Your task is to reproduce the entries below word for word.

Supplied data:
*** Block opens ***

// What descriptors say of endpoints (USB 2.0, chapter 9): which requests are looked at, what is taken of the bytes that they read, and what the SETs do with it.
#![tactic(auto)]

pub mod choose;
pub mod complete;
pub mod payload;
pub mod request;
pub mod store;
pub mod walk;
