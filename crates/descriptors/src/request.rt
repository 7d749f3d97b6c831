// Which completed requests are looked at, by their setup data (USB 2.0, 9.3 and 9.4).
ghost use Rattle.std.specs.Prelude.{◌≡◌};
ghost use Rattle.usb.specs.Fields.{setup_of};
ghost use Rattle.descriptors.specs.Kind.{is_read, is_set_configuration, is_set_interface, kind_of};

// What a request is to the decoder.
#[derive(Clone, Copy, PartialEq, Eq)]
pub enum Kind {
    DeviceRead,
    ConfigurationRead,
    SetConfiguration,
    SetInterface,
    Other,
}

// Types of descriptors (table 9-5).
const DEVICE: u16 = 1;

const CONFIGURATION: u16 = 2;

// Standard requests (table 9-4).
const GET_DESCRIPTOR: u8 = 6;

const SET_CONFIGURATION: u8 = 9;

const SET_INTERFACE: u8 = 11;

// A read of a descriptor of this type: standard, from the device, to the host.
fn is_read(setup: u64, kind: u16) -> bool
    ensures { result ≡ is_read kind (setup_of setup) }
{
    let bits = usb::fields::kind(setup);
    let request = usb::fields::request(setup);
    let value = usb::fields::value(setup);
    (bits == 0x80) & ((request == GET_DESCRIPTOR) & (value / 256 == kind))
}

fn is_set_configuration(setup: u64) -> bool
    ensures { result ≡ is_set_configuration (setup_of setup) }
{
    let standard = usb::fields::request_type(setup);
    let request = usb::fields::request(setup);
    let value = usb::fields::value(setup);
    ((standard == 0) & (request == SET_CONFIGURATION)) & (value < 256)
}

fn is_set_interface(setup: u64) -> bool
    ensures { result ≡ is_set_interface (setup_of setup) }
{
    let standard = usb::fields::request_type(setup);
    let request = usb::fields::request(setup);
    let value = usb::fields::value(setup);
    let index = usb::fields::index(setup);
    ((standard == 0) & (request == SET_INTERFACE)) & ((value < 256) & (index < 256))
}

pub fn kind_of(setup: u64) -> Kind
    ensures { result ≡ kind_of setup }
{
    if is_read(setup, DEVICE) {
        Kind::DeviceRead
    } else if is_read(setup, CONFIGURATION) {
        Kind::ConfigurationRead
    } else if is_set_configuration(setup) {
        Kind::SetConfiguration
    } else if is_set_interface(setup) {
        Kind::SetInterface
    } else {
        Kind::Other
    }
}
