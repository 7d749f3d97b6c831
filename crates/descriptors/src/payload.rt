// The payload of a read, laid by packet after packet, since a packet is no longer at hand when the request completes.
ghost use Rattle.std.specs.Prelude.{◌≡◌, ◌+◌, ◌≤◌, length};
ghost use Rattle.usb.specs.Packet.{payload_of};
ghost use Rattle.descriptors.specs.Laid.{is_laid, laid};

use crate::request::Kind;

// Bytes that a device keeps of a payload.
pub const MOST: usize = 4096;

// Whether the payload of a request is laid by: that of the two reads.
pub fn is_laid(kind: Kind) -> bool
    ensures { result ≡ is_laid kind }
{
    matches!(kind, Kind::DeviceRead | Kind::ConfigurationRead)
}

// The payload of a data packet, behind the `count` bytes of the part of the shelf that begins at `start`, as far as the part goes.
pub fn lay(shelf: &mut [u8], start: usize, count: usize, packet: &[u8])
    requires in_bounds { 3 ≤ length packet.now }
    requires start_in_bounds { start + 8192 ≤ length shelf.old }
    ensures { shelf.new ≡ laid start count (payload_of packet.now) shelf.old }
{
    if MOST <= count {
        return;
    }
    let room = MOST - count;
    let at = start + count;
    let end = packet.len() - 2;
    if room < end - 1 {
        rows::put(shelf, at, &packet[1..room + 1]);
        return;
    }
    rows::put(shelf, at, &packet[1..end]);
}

*** Block closes ***

Exercise result:
// What descriptors say of endpoints (USB 2.0, chapter 9): which requests are looked at, what is taken of the bytes that they read, and what the SETs do with it.
#![tactic(auto)]

pub mod choose;
pub mod complete;
pub mod payload;
pub mod request;
pub mod store;
pub mod walk;
filename crates/descriptors/src/request.rt
repository 7d749f3d97b6c831
// Which completed requests are looked at, by their setup data (USB 2.0, 9.3 and 9.4).
ghost use Rattle.std.specs.Prelude.{◌≡◌};
ghost use Rattle.usb.specs.Fields.{setup_of};
ghost use Rattle.descriptors.specs.Kind.{is_read, is_set_configuration, is_set_interface, kind_of};

// What a request is to the decoder.
#[derive(Clone, Copy, PartialEq, Eq)]
pub enum Kind {
    DeviceRead,
    ConfigurationRead,
    SetConfiguration,
    SetInterface,
    Other,
}

// Types of descriptors (table 9-5).
const DEVICE: u16 = 1;

const CONFIGURATION: u16 = 2;

// Standard requests (table 9-4).
const GET_DESCRIPTOR: u8 = 6;

const SET_CONFIGURATION: u8 = 9;

const SET_INTERFACE: u8 = 11;

// A read of a descriptor of this type: standard, from the device, to the host.
fn is_read(setup: u64, kind: u16) -> bool
    ensures { result ≡ is_read kind (setup_of setup) }
{
    let bits = usb::fields::kind(setup);
    let request = usb::fields::request(setup);
    let value = usb::fields::value(setup);
    (bits == 0x80) & ((request == GET_DESCRIPTOR) & (value / 256 == kind))
}

fn is_set_configuration(setup: u64) -> bool
    ensures { result ≡ is_set_configuration (setup_of setup) }
{
    let standard = usb::fields::request_type(setup);
    let request = usb::fields::request(setup);
    let value = usb::fields::value(setup);
    ((standard == 0) & (request == SET_CONFIGURATION)) & (value < 256)
}

fn is_set_interface(setup: u64) -> bool
    ensures { result ≡ is_set_interface (setup_of setup) }
{
    let standard = usb::fields::request_type(setup);
    let request = usb::fields::request(setup);
    let value = usb::fields::value(setup);
    let index = usb::fields::index(setup);
    ((standard == 0) & (request == SET_INTERFACE)) & ((value < 256) & (index < 256))
}

pub fn kind_of(setup: u64) -> Kind
    ensures { result ≡ kind_of setup }
{
    if is_read(setup, DEVICE) {
        Kind::DeviceRead
    } else if is_read(setup, CONFIGURATION) {
        Kind::ConfigurationRead
    } else if is_set_configuration(setup) {
        Kind::SetConfiguration
    } else if is_set_interface(setup) {
        Kind::SetInterface
    } else {
        Kind::Other
    }
}
repository 7d749f3d97b6c831
filename crates/descriptors/src/payload.rt
// The payload of a read, laid by packet after packet, since a packet is no longer at hand when the request completes.
ghost use Rattle.std.specs.Prelude.{◌≡◌, ◌+◌, ◌≤◌, length};
ghost use Rattle.usb.specs.Packet.{payload_of};
ghost use Rattle.descriptors.specs.Laid.{is_laid, laid};

use crate::request::Kind;

// Bytes that a device keeps of a payload.
pub const MOST: usize = 4096;

// Whether the payload of a request is laid by: that of the two reads.
pub fn is_laid(kind: Kind) -> bool
    ensures { result ≡ is_laid kind }
{
    matches!(kind, Kind::DeviceRead | Kind::ConfigurationRead)
}

// The payload of a data packet, behind the `count` bytes of the part of the shelf that begins at `start`, as far as the part goes.
pub fn lay(shelf: &mut [u8], start: usize, count: usize, packet: &[u8])
    requires in_bounds { 3 ≤ length packet.now }
    requires start_in_bounds { start + 8192 ≤ length shelf.old }
    ensures { shelf.new ≡ laid start count (payload_of packet.now) shelf.old }
{
    if MOST <= count {
        return;
    }
    let room = MOST - count;
    let at = start + count;
    let end = packet.len() - 2;
    if room < end - 1 {
        rows::put(shelf, at, &packet[1..room + 1]);
        return;
    }
    rows::put(shelf, at, &packet[1..end]);
}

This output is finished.